[Start of section]
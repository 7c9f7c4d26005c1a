use pc_list::Seq;
use pc_model::Tree;

/// What a search answers: an allocation of greatest worth, that there is none, or, where the budget of nodes is spent,
/// a bound and the best allocation that was found below it. The tree proves what is said.
#[derive(Debug, PartialEq, Eq, Drop)]
pub enum Outcome {
    Best {
        counts: Seq<u64>,
        value: i128,
        tree: Tree,
    },
    Nothing {
        tree: Tree,
    },
    Spent {
        bound: i128,
        found: Option<Seq<u64>>,
        tree: Tree,
    },
}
[End of section]
### WHAT THIS TASK INVOLVES
Repeat the data in full, exactly as supplied.

### EXERCISE RESPONSE
repository 7c9f7c4d26005c1a
use pc_list::Seq;
use pc_model::Tree;

/// What a search answers: an allocation of greatest worth, that there is none, or, where the budget of nodes is spent,
/// a bound and the best allocation that was found below it. The tree proves what is said.
#[derive(Debug, PartialEq, Eq, Drop)]
pub enum Outcome {
    Best {
        counts: Seq<u64>,
        value: i128,
        tree: Tree,
    },
    Nothing {
        tree: Tree,
    },
    Spent {
        bound: i128,
        found: Option<Seq<u64>>,
        tree: Tree,
    },
}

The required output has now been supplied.